What this task involves: The result should be every line in the material below containing the string "alloc".

Exercise materials:
★ ★ ★ ★

// Fields of a capture file, read from a source.

ghost use Rattle.std.specs.Prelude.{◌≡◌, ◌+◌, ◌^◌, ◌<◌, ◌≤◌, ◌∷◌, [], None, IfErr, IfNone, IfOk, IfSome, IsErrOf};
ghost use Rattle.std.specs.Prelude.{length};
ghost use Rattle.std.specs.Io.KnownBytes.{Consumes, IsAtEnd};
ghost use Rattle.gs_bytes.specs.Outside.{SetsFlag};
ghost use Rattle.gs_reader.specs.Buffered.{to_come};
ghost use Rattle.gs_tape.specs.Errors.{fault_of};
ghost use Rattle.gs_tape.specs.Steps.{field, number, text};
ghost use Rattle.gs_tape.specs.Streaming.{LeavesSource, MeetsSource, ReadsStep};

use crate::error::TapeError;
use bytes::Bytes;
use gs_bytes::{Source, read_u16_le, read_u32_le};
use gs_reader::BufferedReader;
use std::alloc::Global;

/// A reader, and how many bytes it handed on.
#[derive(Drop)]
pub struct Cursor {
    pub alloc: Global,
    pub reader: BufferedReader,
    pub place: u64,
}

impl Cursor {
    // At the start of a file.
    pub fn new(alloc: Global) -> Cursor
        ensures held { result.reader ≡ [] }
        ensures place { result.place ≡ 0 }
    {
        Cursor {
            alloc,
            reader: BufferedReader::new(alloc),
            place: 0,
        }
    }

    // The next byte, None exactly at the end.
    pub fn byte<S: Source>(&mut self, source: &mut S) -> Result<Option<u8>, TapeError>
        requires { self.old.place + 1 < 2 ^ 64 }
        ensures byte { IfOk result (λ next. IfSome next (λ b.
            Consumes (to_come self.old.reader (S.left source.old)) (to_come self.new.reader (S.left source.new))
            (b ∷ []))) }
        ensures none { IfOk result (λ next. IfNone next (IsAtEnd (to_come self.old.reader (S.left source.old)))) }
        ensures place { IfOk result (λ next. IfSome next (λ _. self.new.place ≡ self.old.place + 1)) }
        ensures kept { self.new.place ≤ self.old.place + 1 }
        ensures unknown { IfErr result (λ e. fault_of e ≡ None) }
        ensures stopped { IfErr result (λ e. e ≡ TapeError.TapeFault
            → Consumes (to_come self.old.reader (S.left source.old)) (to_come self.new.reader (S.left source.new)) []) }
        ensures spent { IsErrOf result TapeError.TapeFault → self.new.reader ≡ [] }
        ensures meets { MeetsSource (S.faults source.old) (S.faults source.new) (S.written source.old)
            (S.written source.new) result }
        ensures end { IfOk result (λ next. IfNone next (IsAtEnd (S.left source.new))) }
        ensures met_end { IfOk result (λ next. IfNone next (SetsFlag (S.met_end source.old) (S.met_end source.new))) }
        ensures source { IfOk result (λ next.
            IfSome next (λ b. LeavesSource (S.faults source.old) (S.faults source.new) (S.met_end source.old)
            (S.met_end source.new) (S.written source.old) (S.written source.new) result)) }
    {
        let next = self.reader.next_byte(source)?;
        if next.is_some() {
            self.place += 1;
        }
        Ok(next)
    }

    // The bytes of a field.
    pub fn take<S: Source>(&mut self, source: &mut S, n: usize) -> Result<Bytes, TapeError>
        requires { self.old.place + n < 2 ^ 64 }
        ensures read { ReadsStep (field n) (to_come self.old.reader (S.left source.old))
            (to_come self.new.reader (S.left source.new)) self.old.place self.new.place result }
        ensures spent { IsErrOf result TapeError.TapeFault → self.new.reader ≡ [] }
        ensures place { self.new.place ≤ self.old.place + n }
        ensures long { IfOk result (λ bytes. length bytes ≡ n) }
        ensures source { LeavesSource (S.faults source.old) (S.faults source.new) (S.met_end source.old)
            (S.met_end source.new) (S.written source.old) (S.written source.new) result }
    {
        let bytes = self.reader.take(source, n)?;
        self.place += bytes.len() as u64;
        if bytes.len() < n {
            return Err(TapeError::BadTape {
                kind: 6,
                place: self.place,
            });
        }
        Ok(bytes)
    }

    // A number of four bytes.
    pub fn u32<S: Source>(&mut self, source: &mut S) -> Result<u32, TapeError>
        requires { self.old.place + 4 < 2 ^ 64 }
        ensures read { ReadsStep (number 4) (to_come self.old.reader (S.left source.old))
            (to_come self.new.reader (S.left source.new)) self.old.place self.new.place result }
        ensures spent { IsErrOf result TapeError.TapeFault → self.new.reader ≡ [] }
        ensures place { self.new.place ≤ self.old.place + 4 }
        ensures source { LeavesSource (S.faults source.old) (S.faults source.new) (S.met_end source.old)
            (S.met_end source.new) (S.written source.old) (S.written source.new) result }
    {
        let bytes = self.take(source, 4)?;
        Ok(read_u32_le(bytes.as_slice(), 0))
    }

    // A number of two bytes.
    pub fn u16<S: Source>(&mut self, source: &mut S) -> Result<u16, TapeError>
        requires { self.old.place + 2 < 2 ^ 64 }
        ensures read { ReadsStep (number 2) (to_come self.old.reader (S.left source.old))
            (to_come self.new.reader (S.left source.new)) self.old.place self.new.place result }
        ensures spent { IsErrOf result TapeError.TapeFault → self.new.reader ≡ [] }
        ensures place { self.new.place ≤ self.old.place + 2 }
        ensures source { LeavesSource (S.faults source.old) (S.faults source.new) (S.met_end source.old)
            (S.met_end source.new) (S.written source.old) (S.written source.new) result }
    {
        let bytes = self.take(source, 2)?;
        Ok(read_u16_le(bytes.as_slice(), 0))
    }

    // A number of one byte.
    pub fn u8<S: Source>(&mut self, source: &mut S) -> Result<u8, TapeError>
        requires { self.old.place + 1 < 2 ^ 64 }
        ensures read { ReadsStep (number 1) (to_come self.old.reader (S.left source.old))
            (to_come self.new.reader (S.left source.new)) self.old.place self.new.place result }
        ensures spent { IsErrOf result TapeError.TapeFault → self.new.reader ≡ [] }
        ensures place { self.new.place ≤ self.old.place + 1 }
        ensures source { LeavesSource (S.faults source.old) (S.faults source.new) (S.met_end source.old)
            (S.met_end source.new) (S.written source.old) (S.written source.new) result }
    {
        let bytes = self.take(source, 1)?;
        Ok(bytes.as_slice()[0])
    }

    // Bytes that must stand there.
    pub fn text<S: Source>(&mut self, source: &mut S, bytes: &[u8]) -> Result<(), TapeError>
        requires { self.old.place + length bytes.now < 2 ^ 64 }
        ensures read { ReadsStep (text bytes.now) (to_come self.old.reader (S.left source.old))
            (to_come self.new.reader (S.left source.new)) self.old.place self.new.place result }
        ensures spent { IsErrOf result TapeError.TapeFault → self.new.reader ≡ [] }
        ensures place { self.new.place ≤ self.old.place + length bytes.now }
        ensures source { LeavesSource (S.faults source.old) (S.faults source.new) (S.met_end source.old)
            (S.met_end source.new) (S.written source.old) (S.written source.new) result }
    {
        for expected in bytes {
            let place = self.place;
            let Some(byte) = self.byte(source)? else {
                return Err(TapeError::BadTape { kind: 6, place });
            };
            if byte != *expected {
                return Err(TapeError::BadTape { kind: 1, place });
            }
        }
        Ok(())
    }
}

★ ★ ★ ★

Exercise result:
use std::alloc::Global;
    pub alloc: Global,
    pub fn new(alloc: Global) -> Cursor
            alloc,
            reader: BufferedReader::new(alloc),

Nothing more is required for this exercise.